By then it had already been a long, bloody day. But the skins had to be dealt with – Gerald insisted on working them into home-made shoes, etc. – as did the entrails, guts and organs, which were turned into tripe and liver and kidney meals for the next few nights.

And, before we could drag ourselves back to normality, for the night at least, the carcass had to be quartered, a process requiring the precision and muscles of three men to ensure the cut was accurate, right the way down the side of the tail bone. Eventually, years on, the girls and Fats and I became skilled enough and strong enough to deal with this heavy dismantling of the carcass. The strap-on knives were useful – we all started using them, even those of us with muscles. But that was all much later. In the early years, by the time the quartering came around, the stress and muck of the day, the physical exhaustion and Lillian’s tears had rendered most of us useless. I would collapse onto my haunches, watch the boys do their thing, and offer tools and rags and other such supportive items.

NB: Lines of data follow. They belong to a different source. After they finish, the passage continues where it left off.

//! The forms beside link-format.
ghost use Rattle.std.specs.Prelude.{◌≡◌, IfOk};
ghost use Rattle.timemap_formats.specs.Forms.{front_of, media_type, listing_text};

use crate::cdxj::write_cdxj;
use crate::json_form::write_json;
use crate::listing::Listing;
use memento_time::NoMemory;
use std::alloc::Global;

/// A form of TimeMaps beside link-format.
#[derive(Clone, Copy, Debug, PartialEq, Eq)]
pub enum Form {
    Json,
    Cdxj,
}

/// In which forms beside link-format TimeMaps are given.
#[derive(Clone, Copy, Debug, PartialEq, Eq)]
pub struct Forms {
    pub json: bool,
    pub cdxj: bool,
}

impl Form {
    /// Where the TimeMaps in this form stand, each followed by its original.
    pub fn front(self) -> &'static [u8]
        ensures { result.now ≡ front_of self }
    {
        match self {
            Form::Json => b"/timemap/json/",
            Form::Cdxj => b"/timemap/cdxj/",
        }
    }

    /// The form's media type.
    pub fn media_type(self) -> &'static [u8]
        ensures { result.now ≡ media_type self }
    {
        match self {
            Form::Json => b"application/json",
            Form::Cdxj => b"application/cdxj+ors",
        }
    }
}

/// The listing in this form. Takes time and memory in proportion to what is written.
pub fn write_listing(alloc: Global, form: Form, listing: &Listing) -> Result<Vec<u8>, NoMemory>
    ensures { IfOk result (λ text. text.items ≡ listing_text form listing.now) }
{
    match form {
        Form::Json => write_json(alloc, listing),
        Form::Cdxj => write_cdxj(alloc, listing),
    }
}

Setting up the slaughterhouse, sourcing our beasts (Javas drove all the way to the Eastern Cape to find the beasts he was looking for, five free-roaming cows and an ox that had – like us – somehow ducked the scythe), and actually killing and butchering our first victim took something on the order of three months. By the time we had meat in the freezer we hated each other, each in our own special kind of way.

 

And so I ran.

 

The flight-simulator failures saw Lillian voicing bolder plans, such as driving up through Africa until we got to the top and then simply boating over to Europe. This idea gained little traction, the response morphing quickly into a critique of American bias from
Babalwa and Andile, who pointed out – with satisfaction – the assumption inherent in Lillian’s plan that getting to Europe would be some sort of inherent progression or achievement.

Beatrice offered an alternative to Lillian’s quest, suggesting an ongoing sub-Saharan African relay team of alternating twos, heading out at regular intervals in various directions. Her logic was that if there were nine of us here, there surely must be at least one other similar group below the Sahara. So seven could remain in Houghton managing the essentials, the farming structure and so on, while two could head out for a week, and then come back and swap with two others, who would go out again, then back.

Teboho said, ‘The twins will never be separated like that.’

‘Typical,’ said Lillian. ‘Nine people left on the planet and two of them actually fall in love.’

‘If they really are in love, that leaves seven of us for interbreeding,’ Babalwa said to me later as we perched on the edge of the swimming pool, which had grown a thick green skin while we were busy setting up the slaughterhouse.

I wasn’t yet ready to grapple with the notion that the nine of us constituted the future of humanity. Babalwa, on the other hand, had developed her calculations since our PE days. She said, and I was ready to agree with her, because what did I know anyway, that eight – four men and four women – would be just enough to get some genuine genetic diversity going, as long we ensured sustained cross-breeding. The twins’ blossoming love threw her approach into variable headwinds. ‘It’s an open question,’ she explained, ‘whether they would be willing or able to cross the line as many times as will be required to get it right.’

I pulled the laces on my Nikes tighter and thought about how I could expand my route.